Apart from the above restrictions on women, the Taliban has:
- Banned listening to music, not only for women but men as well.
- Banned the watching of movies, television and videos, for everyone.
- Banned celebrating the traditional new year (Nowroz) on March 21. The Taliban has proclaimed the holiday un-Islamic.
- Disavowed Labor Day (May 1st), because it is deemed a "communist" holiday.
- Ordered that all people with non-Islamic names change them to Islamic ones.
- Forced haircuts upon Afghan youth.
- Ordered that men wear Islamic clothes and a cap.
- Ordered that men not shave or trim their beards, which should grow long enough to protrude from a fist clasped at the point of the chin.
- Ordered that all people attend prayers in mosques five times daily.
- Banned the keeping of pigeons and playing with the birds, describing it as un-Islamic. The violators will be imprisoned and the birds shall be killed. The kite flying has also been stopped.
- Ordered all onlookers, while encouraging the sportsmen, to chant Allah-o-Akbar (God is great) and refrain from clapping.
- Ban on certain games including kite flying which is "un-Islamic" according to Taliban.
- Anyone who carries objectionable literature will be executed.
- Anyone who converts from Islam to any other religion will be executed.
- All boy students must wear turbans. They say "No turban, no education".
- Non-Muslim minorities must distinct badge or stitch a yellow cloth onto their dress to be differentiated from the majority Muslim population. Just like what did Nazis with Jews.
- Banned the use of the internet by both ordinary Afghans and foreigners.
And so on...
Many of the anti-women rules that Taliban practiced were first of all the rules formulated and practiced by Rabbani-Massoud government after they came to power in 1992, but no one talk about them and it is painful that today even they are called the champaions of women's rights!!
ON November 8, 1994 the UN Secretary-General presented the interim report on the situation of human rights in Afghanistan prepared by Mr. Felix Ermacora, Special Rapporteur of the Commission on Human Rights, in accordance with Commission on Human Rights resolution 1994/84 of 9 March 1994, and Economic and Social Council decision 1994/268 of 25 July 1994.
Parts of the report about women's rights sitaution says:
The Special Rapporteur's attention has been drawn to the Ordinance on the Women's Veil, which is reported to have been issued by a nine-member professional committee of the High Court of the Islamic State of Afghanistan and which reads as follows:
"A denier of veil is an infidel and an unveiled woman is lewd".
"Conditions of wearing veil:
1. The veil must cover the whole body.
2. Women's clothes must not be thin.
3. Women's clothes must not be decorated and colourful.
4. Women's clothes must not be narrow and tight to prevent the seditious limbs from being noticed. The veil must not be thin.
5. Women must not perfume themselves. If a perfumed woman passes by a crowd of men, she is considered to be an adulteress.
6. Women's clothes must not resemble men's clothes.
"In addition,
1. They must not perfume themselves.
2. They must not wear adorning clothes.
3. They must not wear thin clothes.
4. They must not wear narrow and tight clothes.

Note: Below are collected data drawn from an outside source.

//! The answers of a standby to its main server, and to whoever promotes it.
ghost use Rattle.std.specs.Prelude.{◌≡◌};
ghost use Rattle.standby.specs.Entrance.{is_taken, kept_out};
ghost use Rattle.standby.specs.Refusals.{code_of, name_of};

use file_copies::{
    FileStretch, NoStretch, StandbyRequest, copy_line, kept_line, refused_line, told_line,
};
use log::warn;
use pad_core::{Reply, Request};
use pad_model::{Name, Refusal};
use server_log::ServerLog;
use sessions::Accounts;
use std::alloc::{AllocError, AllocFailed, Global};
use std::io;
use std::io::{BufRead, BufReader, ErrorKind, Read, Write};
use std::time::Clock;
use store_files::{KeptRound, StandbyStore, Unkept};
use wire_json::{read_request, reply_line};

/// The most bytes of a line to a standby, beside those of files.
const LONGEST_LINE: u64 = 4_096;

/// The most reads in which the greeting has to come, and the first request after it: each is written in one piece.
const FIRST_READS: u32 = 5;

/// The most bytes of files that a round may have.
const LARGEST_ROUND: u64 = 268_435_456;

/// The reason why a standby refuses a request, beside the refusals that pads have.
#[derive(Clone, Copy)]
pub enum StandbyRefusal {
    /// 340: the stretch does not follow the copy of its file.
    OtherPast,
    /// 341: this server is a standby, and answers its main server alone.
    IsStandby,
    /// Another refusal, with its own number: such as 102, 201, 303, 323, 900 or 901.
    Pads(Refusal),
}

impl StandbyRefusal {
    /// The number that answers give.
    pub fn code(self) -> u16
        ensures { result ≡ code_of self }
    {
        match self {
            StandbyRefusal::OtherPast => 340,
            StandbyRefusal::IsStandby => 341,
            StandbyRefusal::Pads(refusal) => refusal.code(),
        }
    }

    /// The name that answers give.
    pub fn name(self) -> &'static str
        ensures { result.now ≡ name_of self }
    {
        match self {
            StandbyRefusal::OtherPast => "OtherPast",
            StandbyRefusal::IsStandby => "IsStandby",
            StandbyRefusal::Pads(refusal) => refusal.name(),
        }
    }
}

/// The reason why a conversation with a main server is over.
#[derive(Drop)]
pub enum Left {
    /// Whoever has connected did not greet in time.
    Silent,
    /// The connection ended, broke or was silent for too long.
    Gone(Option<io::Error>),
    /// The request is refused, and this was answered.
    Refused(StandbyRefusal),
    /// There is no memory.
    Memory,
    /// The store has failed: what was confirmed is kept, and nothing more is.
    StoreFailed(io::Error),
}

impl From<io::Error> for Left {
    fn from(cause: io::Error) -> Left {
        match cause.kind() {
            ErrorKind::OutOfMemory => Left::Memory,
            _ => Left::Gone(Some(cause)),
        }
    }
}

impl From<AllocError> for Left {
    fn from(_refused: AllocError) -> Left {
        Left::Memory
    }
}

impl<T: Drop> From<AllocFailed<T>> for Left {
    fn from(_refused: AllocFailed<T>) -> Left {
        Left::Memory
    }
}

/// The server that may send copies to this standby, and the standby's number.
#[derive(Clone, Copy)]
pub struct StandbyDoor<'a> {
    pub accounts: &'a Accounts,
    /// The number of the main server.
    pub main: u16,
    /// The number of the standby.
    pub own: u16,
}

// Returns the reason to keep out somebody with this number, if there is one: nobody is let in but the main server, with
// its token.
fn kept_out(main: u16, number: u64, has_token: bool) -> Option<StandbyRefusal>
    ensures { result ≡ kept_out main number has_token }
{
    if number != u64::from(main) {
        return Some(StandbyRefusal::IsStandby);
    }
    if !has_token {
        return Some(StandbyRefusal::Pads(Refusal::BadToken));
    }
    None
}

// Returns true if a request of a main server is carried out. None is, once the standby is promoted.
fn is_taken(request: &StandbyRequest, is_promoted: bool) -> bool
    ensures { result ≡ is_taken is_promoted request.now }
{
    match request {
        StandbyRequest::Promote => false,
        _ => !is_promoted,
    }
}

/// A conversation with whoever has connected.
#[derive(Drop)]
pub struct StandbyConversation<S, W> {
    reader: BufReader<S>,
    writer: W,
    // The first request, until it is answered.
    first: Option<StandbyRequest>,
    // The stretches of the round so far.
    round: Vec<FileStretch>,
    // The number of bytes that they have.
    bytes: u64,
}

impl<S: Read, W: Write> StandbyConversation<S, W> {
    /// A conversation of which nothing was read.
    pub fn new(alloc: Global, reader: S, writer: W) -> io::Result<StandbyConversation<S, W>>
    where
        S: Drop,
        W: Drop,
    {
        Ok(StandbyConversation {
            reader: BufReader::with_capacity(alloc, 65_536, reader)?,
            writer,
            first: None,
            round: Vec::new(alloc),
            bytes: 0,
        })
    }

    /// Reads the greeting, and answers it. Only the main server is let in, with its token.
    pub fn greet(&mut self, alloc: Global, door: StandbyDoor<'_>) -> Result<(), Left> {
        let Some(line) = self.first_line(alloc)? else {
            return Err(Left::Silent);
        };
        match read_request(alloc, line.as_slice()) {
            Ok(
                Request::Peer {
                    number,
                    token,
                    version,
                },
            ) => {
                let has_token = door.accounts.peer(number, token.as_str());
                if let Some(refusal) = kept_out(door.main, number, has_token) {
                    return self.refuse(alloc, refusal);
                }
                let reply = Reply::Peer {
                    replica: door.own,
                    version,
                };
                match reply_line(alloc, &Ok(reply)) {
                    Ok(line) => Ok(self.writer.write_all(line.as_bytes())?),
                    Err(_) => Err(Left::Memory),
                }
            }
            Ok(_) => self.refuse(alloc, StandbyRefusal::IsStandby),
            Err(Refusal::Memory) => Err(Left::Memory),
            Err(refusal) => self.refuse(alloc, StandbyRefusal::Pads(refusal)),
        }
    }

    /// Reads the first request after the greeting, and returns whether it is `promote`. Any other is left to `answer`.
    pub fn asks_for_promotion(&mut self, alloc: Global) -> Result<bool, Left> {
        let Some(line) = self.first_line(alloc)? else {
            return Err(Left::Gone(None));
        };
        match self.request_in(alloc, line.as_slice())? {
            StandbyRequest::Promote => Ok(true),
            request => {
                self.first = Some(request);
                Ok(false)
            }
        }
    }

    // Says that the standby is promoted.
    pub(crate) fn say(&mut self, line: &str) -> io::Result<()> {
        self.writer.write_all(line.as_bytes())
    }

    /// Answers a request of the main server. Once the standby is promoted, each is refused.
    pub fn answer<R: Clock + Eprint>(
        &mut self,
        rt: &R,
        alloc: Global,
        store: &mut StandbyStore,
        request: StandbyRequest,
        is_promoted: bool,
    ) -> Result<(), Left> {
        if !is_taken(&request, is_promoted) {
            return self.refuse(alloc, StandbyRefusal::Pads(Refusal::NotRequest));
        }
        match request {
            StandbyRequest::Copies => self.tell(alloc, store),
            StandbyRequest::Keep { pad, from, bytes } => self.take(alloc, pad, from, bytes),
            StandbyRequest::Sync { mark } => self.keep(rt, alloc, store, mark),
            StandbyRequest::Promote => Ok(()),
        }
    }

    /// The main server's next request: the first one, if it is not answered yet. It is to be answered before the next one is
    /// read.
    pub fn next_request(&mut self, alloc: Global) -> Result<StandbyRequest, Left> {
        if let Some(request) = self.first.take() {
            return Ok(request);
        }
        let line = self.line(alloc)?;
        self.request_in(alloc, line.as_slice())
    }

    // The request of a line. What is none is refused.
    fn request_in(&mut self, alloc: Global, line: &[u8]) -> Result<StandbyRequest, Left> {
        match StandbyRequest::read(alloc, line) {
            Ok(request) => Ok(request),
            Err(Refusal::Memory) => Err(Left::Memory),
            Err(refusal) => Err(self.refused(alloc, StandbyRefusal::Pads(refusal))?),
        }
    }

    // Tells how far each copy is.
    fn tell(&mut self, alloc: Global, store: &StandbyStore) -> Result<(), Left> {
        let mut lines = String::new(alloc);
        for copied in store.copies() {
            let length = copied.copy.length();
            if length > 0 {
                let line = copy_line(alloc, &copied.pad, length, copied.copy.sum())?;
                lines.push_str(line.as_str())?;
            }
        }
        let line = told_line(alloc)?;
        lines.push_str(line.as_str())?;
        Ok(self.writer.write_all(lines.as_bytes())?)
    }

    // Reads the bytes of a stretch.
    fn take(&mut self, alloc: Global, pad: Name, from: u64, count: u64) -> Result<(), Left> {
        if !pad.is_well_formed() {
            return self.refuse(alloc, StandbyRefusal::Pads(Refusal::BadName));
        }
        self.bytes = self.bytes.saturating_add(count);
        if self.bytes > LARGEST_ROUND {
            return self.refuse(alloc, StandbyRefusal::Pads(Refusal::TooMuch));
        }
        let mut lines = Vec::new(alloc);
        let read = self.reader.by_ref().take(count).read_to_end(&mut lines)?;
        if (read as u64) < count {
            return Err(Left::Gone(None));
        }
        self.round.push(FileStretch { pad, from, lines })?;
        Ok(())
    }

    // Keeps the round, and answers with its mark.
    fn keep<R: Clock + Eprint>(
        &mut self,
        rt: &R,
        alloc: Global,
        store: &mut StandbyStore,
        mark: u64,
    ) -> Result<(), Left> {
        let kept = store.keep(alloc, self.round.as_slice());
        self.round.clear();
        self.bytes = 0;
        match kept {
            Ok(kept) => self.confirm(alloc, &kept, mark),
            Err(Unkept::NoStretch { pad, why }) => {
                let pad = pad.as_str();
                warn!(ServerLog(rt); "the copy of the pad {pad}: {why}; nothing was changed");
                self.refuse(alloc, StandbyRefusal::OtherPast)
            }
            Err(Unkept::Full) => {
                warn!(ServerLog(rt); "the disk is full: the copies are behind from now on");
                self.refuse(alloc, StandbyRefusal::Pads(Refusal::StoreFull))
            }
            Err(Unkept::Memory) => self.refuse(alloc, StandbyRefusal::Pads(Refusal::Memory)),
            Err(Unkept::Failed(cause)) => Err(Left::StoreFailed(cause)),
        }
    }

    // Answers with the mark of a round that is kept.
    fn confirm(&mut self, alloc: Global, kept: &KeptRound, mark: u64) -> Result<(), Left> {
        let _kept = kept;
        let line = kept_line(alloc, mark)?;
        Ok(self.writer.write_all(line.as_bytes())?)
    }

    // Answers that a request is refused. The conversation is over.
    fn refuse(&mut self, alloc: Global, refusal: StandbyRefusal) -> Result<(), Left> {
        Err(self.refused(alloc, refusal)?)
    }

    // Answers that a request is refused, and returns that the conversation is over.
    fn refused(&mut self, alloc: Global, refusal: StandbyRefusal) -> Result<Left, Left> {
        let line = refused_line(alloc, refusal.code(), refusal.name())?;
        self.writer.write_all(line.as_bytes())?;
        Ok(Left::Refused(refusal))
    }

    // The first line, without its line feed. None: it did not come in a few reads.
    fn first_line(&mut self, alloc: Global) -> Result<Option<Vec<u8>>, Left> {
        let mut line = Vec::new(alloc);
        for _ in 0..FIRST_READS {
            let Ok(bytes) = self.reader.fill_buf() else {
                return Ok(None);
            };
            let count = bytes.len();
            if let Some(end) = bytes.iter().position(|byte| *byte == b'\n') {
                line.extend_from_slice(&bytes[..end])?;
                self.reader.consume(end + 1);
                return Ok(Some(line));
            }
            line.extend_from_slice(bytes)?;
            self.reader.consume(count);
        }
        Ok(None)
    }

    // The next line, without its line feed.
    fn line(&mut self, alloc: Global) -> Result<Vec<u8>, Left> {
        let mut line = Vec::new(alloc);
        self.reader
            .by_ref()
            .take(LONGEST_LINE)
            .read_until(b'\n', &mut line)?;
        match line.pop() {
            Some(b'\n') => Ok(line),
            Some(_) if line.len() as u64 >= LONGEST_LINE - 1 => {
                Err(Left::Gone(Some(io::Error::from(ErrorKind::InvalidData))))
            }
            _ => Err(Left::Gone(None)),
        }
    }
}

5. They must cover their entire bodies.
6. Their clothes must not resemble men's clothes.
7. Muslim women's clothes must not resemble non-Muslim women's clothes.
8. Their foot ornaments must not produce sound.
9. They must not wear sound-producing garments.
10. They must not walk in the middle of streets.
11. They must not go out of their houses without their husband's permission.
12. They must not talk to strange men.
13. If it is necessary to talk, they must talk in a low voice and without laughter.
14. They must not look at strangers.
15. They must not mix with strangers."